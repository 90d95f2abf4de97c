ghost use Rattle.std.specs.Prelude.{ℕ, List, ◌<◌, ◌≤◌, length, IfOk};
ghost use Rattle.std.specs.declared.option.Option.{Option};
ghost use Rattle.ppd_io.specs.Causes.{HasCause};
ghost use Rattle.ppd_io.specs.Content.{Writes};

use std::fmt;
use thiserror::Error;

/// A read or a write failed.
#[derive(Clone, Copy, Error)]
#[error("a read or a write failed")]
pub struct Failed;

/// Where bytes are written.
pub trait Sink {
    /// The bytes written so far, where they are told.
    ghost written: { Self → Option (List ℕ) };

    /// How often a write failed.
    ghost faults: { Self → ℕ };

    /// Writes the first bytes of the piece, at least one where there is one, and answers how many.
    /// `Failed` comes only where the count of faults rose, and takes none.
    fn write(&mut self, piece: &[u8]) -> Result<usize, Failed>
        ensures bound { IfOk result (λ n. n ≤ length piece.now) }
        ensures some { IfOk result (λ n. 0 < length piece.now → 0 < n) }
        ensures bytes { Writes (written self.old) (written self.new) result piece.now }
        ensures cause { HasCause (faults self.old) (faults self.new) result };
}

impl fmt::Debug for Failed {
    fn fmt<W: fmt::Write>(&self, f: &mut fmt::Formatter<W>) -> fmt::Result {
        fmt::Display::fmt(self, f)
    }
}
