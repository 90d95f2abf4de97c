ghost use Rattle.std.specs.Prelude.{◌≡◌, ◌<◌, ◌≤◌, length, IfSome, IsErr};
ghost use Rattle.ppd_io.specs.Causes.{HasCause};

use crate::sink::{Failed, Sink};
use crate::source::Source;
use std::io::{Read, Write};
use std::marker::Model;

/// A reader or a writer of std, of which nothing is told but how often a call failed.
#[derive(Drop)]
pub struct Counted<D> {
    device: D,
    faults: u64,
}

impl<D> Model for Counted<D> {
    ghost use Rattle.std.specs.Prelude.{ℕ};

    ghost Value = { ℕ };

    ghost view = { λ s. s.faults };
}

/// Any reader of std.
pub type StdSource<R> = Counted<R>;

/// Any writer of std, flushed after each write.
pub type StdSink<W> = Counted<W>;

impl<D> Counted<D> {
    /// No call has failed yet.
    pub fn new(device: D) -> Counted<D>
        ensures { result ≡ 0 }
    {
        Counted { device, faults: 0 }
    }

    /// Counts one failed call, and answers it.
    fn fail(&mut self) -> Result<usize, Failed>
        ensures failed { IsErr result }
        ensures cause { HasCause self.old self.new result }
    {
        self.faults = self.faults.saturating_add(1);
        Err(Failed)
    }
}

impl<R: Read> Source for Counted<R> {
    ghost use Rattle.std.specs.Prelude.{None};

    ghost left = { λ s. None };

    ghost before_last = { λ s. None };

    ghost faults = { λ s. s };

    fn read(&mut self, into: &mut [u8]) -> Result<usize, Failed> {
        match self.device.read(into) {
            Ok(count) => Ok(count),
            Err(_) => self.fail(),
        }
    }
}

impl<W: Write> Counted<W> {
    fn attempt(&mut self, piece: &[u8]) -> Option<usize>
        ensures bound { IfSome result (λ n. n ≤ length piece.now) }
        ensures some { IfSome result (λ n. 0 < length piece.now → 0 < n) }
        ensures same { self.new ≡ self.old }
    {
        let count = self.device.write(piece).ok()?;
        self.device.flush().ok()?;
        // A writer that takes nothing would be asked for ever.
        if count == 0 && !piece.is_empty() {
            return None;
        }
        Some(count)
    }
}

impl<W: Write> Sink for Counted<W> {
    ghost use Rattle.std.specs.Prelude.{None};

    ghost written = { λ s. None };

    ghost faults = { λ s. s };

    fn write(&mut self, piece: &[u8]) -> Result<usize, Failed> {
        match self.attempt(piece) {
            Some(count) => Ok(count),
            None => self.fail(),
        }
    }
}
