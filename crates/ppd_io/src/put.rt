ghost use Rattle.ppd_io.specs.Causes.{HasCause};
ghost use Rattle.ppd_io.specs.Content.{PutsAll};

use crate::sink::{Failed, Sink};

/// Writes all the bytes. `Failed` comes only where the sink's count of faults rose; then a proper
/// prefix of the bytes was written.
pub fn put_all<O: Sink>(out: &mut O, bytes: &[u8]) -> Result<(), Failed>
    ensures bytes { PutsAll (O.written out.old) (O.written out.new) result bytes.now }
    ensures cause { HasCause (O.faults out.old) (O.faults out.new) result }
{
    let mut at = 0;
    while at < bytes.len() {
        at += out.write(&bytes[at..])?;
    }
    Ok(())
}
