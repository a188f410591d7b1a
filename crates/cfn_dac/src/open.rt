//! Which variables of a function are open, those with two or more live values, and whether it takes part in arc consistency
//! (Cooper et al. 2010): where at most two are, or it has few tuples.

ghost use Rattle.std.specs.Prelude.{◌≡◌, ◌<◌, ◌≤◌, ◌↔◌, length, true, MatchOption};
ghost use Rattle.cfn_model.specs.Network.{arity, variable_at};
ghost use Rattle.cfn_consistency.specs.Openness.{TakesPart, is_open};
ghost use Rattle.cfn_store.specs.Standing.{history};
ghost use Rattle.cfn_dac.specs.Opens.{HasOpens, NoneOpenFrom, IsNextOpen};

use cfn_store::Store;

/// How many tuples a function with three or more open variables may have, so that it takes part all the same.
const MOST_TUPLES_OF_WIDE: u32 = 4_096;

/// How many of a function's variables are open: at most one, two, which stand at these places, the lower one first, or
/// more.
#[derive(Clone, Copy)]
pub enum Opens {
    Few,
    Two { place: u32, other: u32 },
    Many,
}

/// Which variables of `f` are open.
pub fn open_places(store: &Store<'_>, f: u32) -> Opens
    requires { f < length store.now.network.functions }
    ensures { HasOpens store.now.network (history store.now) f result }
{
    store.network().law_limits();
    let Some(place) = next_open(store, f, 0) else {
        return Opens::Few;
    };
    let Some(other) = next_open(store, f, place + 1) else {
        return Opens::Few;
    };
    match next_open(store, f, other + 1) {
        Some(_) => Opens::Many,
        None => Opens::Two { place, other },
    }
}

/// The first place from one on whose variable is open.
fn next_open(store: &Store<'_>, f: u32, from: u32) -> Option<u32>
    requires function { f < length store.now.network.functions }
    requires from { from ≤ arity store.now.network f }
    ensures { MatchOption result (NoneOpenFrom store.now.network (history store.now) f from) (IsNextOpen store.now.network (history store.now) f from) }
{
    store.network().law_limits();
    let scope = store.network().scope(f);
    for place in from..scope.len() as u32 {
        if store.count(scope[place as usize]) >= 2 {
            return Some(place);
        }
    }
    None
}

/// Whether `f` takes part in arc consistency: it has a variable, and at most two that are open or at most 4,096 tuples.
pub fn takes_part(store: &Store<'_>, f: u32) -> bool
    requires { f < length store.now.network.functions }
    ensures { (result ≡ true) ↔ TakesPart store.now.network (history store.now) f }
{
    if store.network().scope(f).is_empty() {
        return false;
    }
    if store.network().cells(f) <= MOST_TUPLES_OF_WIDE {
        return true;
    }
    match open_places(store, f) {
        Opens::Many => false,
        _ => true,
    }
}
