//! Full supports, by costs that are shifted through two places of a function (Cooper et al., Soft arc consistency
//! revisited, 2010), as directional and existential arc consistency both need them.
//!
//! - `pair.rt`: full supports for the values of one variable of a function, with regard to another;
//! - `plan.rt`: what is to go to each of these values;
//! - `binary.rt`: what each value has, looked up once where the function has two variables;
//! - `spread.rt`: what the values of the other variable give for it;
//! - `trim.rt`: costly tuples are cut;
//! - `collect.rt`: each value gets its amount;
//! - `dac.rt`: directional arc consistency of one function;
//! - `open.rt`: which variables of a function are open, and whether it takes part.
#![tactic(auto)]

mod binary;
mod collect;
mod dac;
mod open;
mod pair;
mod plan;
mod spread;
mod trim;

pub use dac::{directional, open_pair};
pub use open::{Opens, open_places, takes_part};
pub use pair::{Pair, full_supports};
pub use plan::least_total;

________________

» TASK BRIEF
What lines of the material above hold the string "often"? Please copy them.

» EXERCISE RESPONSE
    /// How often a write failed.
/// A reader or a writer of std, of which nothing is told but how often a call failed.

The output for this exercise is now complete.